### REQUIRED ACTION
Copy every entry below, exactly and in full.

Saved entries
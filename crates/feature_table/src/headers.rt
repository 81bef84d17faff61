//! The places of a table's columns in a header.

ghost use Rattle.std.specs.Prelude.{◌≡◌, ◌≢◌, [], IfErr, IfOk, MatchResult, None, Some, false, length, vec_len};
ghost use Rattle.std.specs.List.{slice_index_or};
ghost use Rattle.csv.specs.Records.{fields_of};
ghost use Rattle.feature_table.specs.Layouts.{IsLayout};
ghost use Rattle.feature_table.specs.Outcomes.{is_of_reading};
ghost use Rattle.table_model.specs.Loading as spec;
ghost use Rattle.table_model.specs.declared.faults.LoadFault.TheVariants as fault;

use csv::ByteRecord;
use sql_text::ColumnDef;
use std::alloc::Global;
use table_model::faults::LoadFault;
use table_model::texts::same_name;

/// Where the columns of a table are in a header.
#[derive(Drop)]
pub struct Layout {
    /// The place in the header of each column, in the order of the columns.
    pub places: Vec<usize>,
    /// The number of fields in the header.
    pub width: usize,
}

/// The field at a place of a record; empty if the record has no such place.
pub fn field_at(record: &ByteRecord, place: usize) -> &[u8]
    ensures { result.now ≡ slice_index_or (fields_of record.now) place [] }
{
    record.get(place).unwrap_or(&[])
}

/// The place of the only field of a header with this name. The error is MissingColumn if none has it, DoubleHeader if several do.
fn place_of(header: &ByteRecord, name: &[u8]) -> Result<usize, LoadFault>
    ensures not_reading { IfErr result (λ f. is_of_reading f ≡ false) }
    ensures place { MatchResult result
        (λ place. (spec.name_fault (fields_of header.now) name.now ≡ None)
        × (place ≡ spec.place_in (fields_of header.now) name.now))
        (λ f. spec.name_fault (fields_of header.now) name.now ≡ Some f) }
{
    let mut found = None;
    for place in 0..header.len() {
        if same_name(name, field_at(header, place)) {
            if found.is_some() {
                return Err(LoadFault::DoubleHeader);
            }
            found = Some(place);
        }
    }
    found.ok_or(LoadFault::MissingColumn)
}

/// The place of each column in a header. The error is the first fault of a column's name there.
pub fn layout_of(
    alloc: Global,
    columns: &[ColumnDef],
    header: &ByteRecord,
) -> Result<Layout, LoadFault>
    ensures size { IfOk result (λ layout. vec_len layout.places ≡ length columns.now) }
    ensures ok { IfOk result (λ layout. (spec.header_fault columns.now (fields_of header.now) ≡ None)
        × IsLayout columns.now (fields_of header.now) layout) }
    ensures not_reading { IfErr result (λ f. is_of_reading f ≡ false) }
    ensures fault { IfErr result
        (λ f. f ≢ fault.OutOfMemory → spec.header_fault columns.now (fields_of header.now) ≡ Some f) }
{
    let mut places = Vec::with_capacity(alloc, columns.len())?;
    for column in columns {
        places.push(place_of(header, column.name.bytes())?)?;
    }
    Ok(Layout {
        places,
        width: header.len(),
    })
}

### TASK ANSWER
filename crates/feature_table/src/headers.rt
repository 81bef84d17faff61
//! The places of a table's columns in a header.

ghost use Rattle.std.specs.Prelude.{◌≡◌, ◌≢◌, [], IfErr, IfOk, MatchResult, None, Some, false, length, vec_len};
ghost use Rattle.std.specs.List.{slice_index_or};
ghost use Rattle.csv.specs.Records.{fields_of};
ghost use Rattle.feature_table.specs.Layouts.{IsLayout};
ghost use Rattle.feature_table.specs.Outcomes.{is_of_reading};
ghost use Rattle.table_model.specs.Loading as spec;
ghost use Rattle.table_model.specs.declared.faults.LoadFault.TheVariants as fault;

use csv::ByteRecord;
use sql_text::ColumnDef;
use std::alloc::Global;
use table_model::faults::LoadFault;
use table_model::texts::same_name;

/// Where the columns of a table are in a header.
#[derive(Drop)]
pub struct Layout {
    /// The place in the header of each column, in the order of the columns.
    pub places: Vec<usize>,
    /// The number of fields in the header.
    pub width: usize,
}

/// The field at a place of a record; empty if the record has no such place.
pub fn field_at(record: &ByteRecord, place: usize) -> &[u8]
    ensures { result.now ≡ slice_index_or (fields_of record.now) place [] }
{
    record.get(place).unwrap_or(&[])
}

/// The place of the only field of a header with this name. The error is MissingColumn if none has it, DoubleHeader if several do.
fn place_of(header: &ByteRecord, name: &[u8]) -> Result<usize, LoadFault>
    ensures not_reading { IfErr result (λ f. is_of_reading f ≡ false) }
    ensures place { MatchResult result
        (λ place. (spec.name_fault (fields_of header.now) name.now ≡ None)
        × (place ≡ spec.place_in (fields_of header.now) name.now))
        (λ f. spec.name_fault (fields_of header.now) name.now ≡ Some f) }
{
    let mut found = None;
    for place in 0..header.len() {
        if same_name(name, field_at(header, place)) {
            if found.is_some() {
                return Err(LoadFault::DoubleHeader);
            }
            found = Some(place);
        }
    }
    found.ok_or(LoadFault::MissingColumn)
}

/// The place of each column in a header. The error is the first fault of a column's name there.
pub fn layout_of(
    alloc: Global,
    columns: &[ColumnDef],
    header: &ByteRecord,
) -> Result<Layout, LoadFault>
    ensures size { IfOk result (λ layout. vec_len layout.places ≡ length columns.now) }
    ensures ok { IfOk result (λ layout. (spec.header_fault columns.now (fields_of header.now) ≡ None)
        × IsLayout columns.now (fields_of header.now) layout) }
    ensures not_reading { IfErr result (λ f. is_of_reading f ≡ false) }
    ensures fault { IfErr result
        (λ f. f ≢ fault.OutOfMemory → spec.header_fault columns.now (fields_of header.now) ≡ Some f) }
{
    let mut places = Vec::with_capacity(alloc, columns.len())?;
    for column in columns {
        places.push(place_of(header, column.name.bytes())?)?;
    }
    Ok(Layout {
        places,
        width: header.len(),
    })
}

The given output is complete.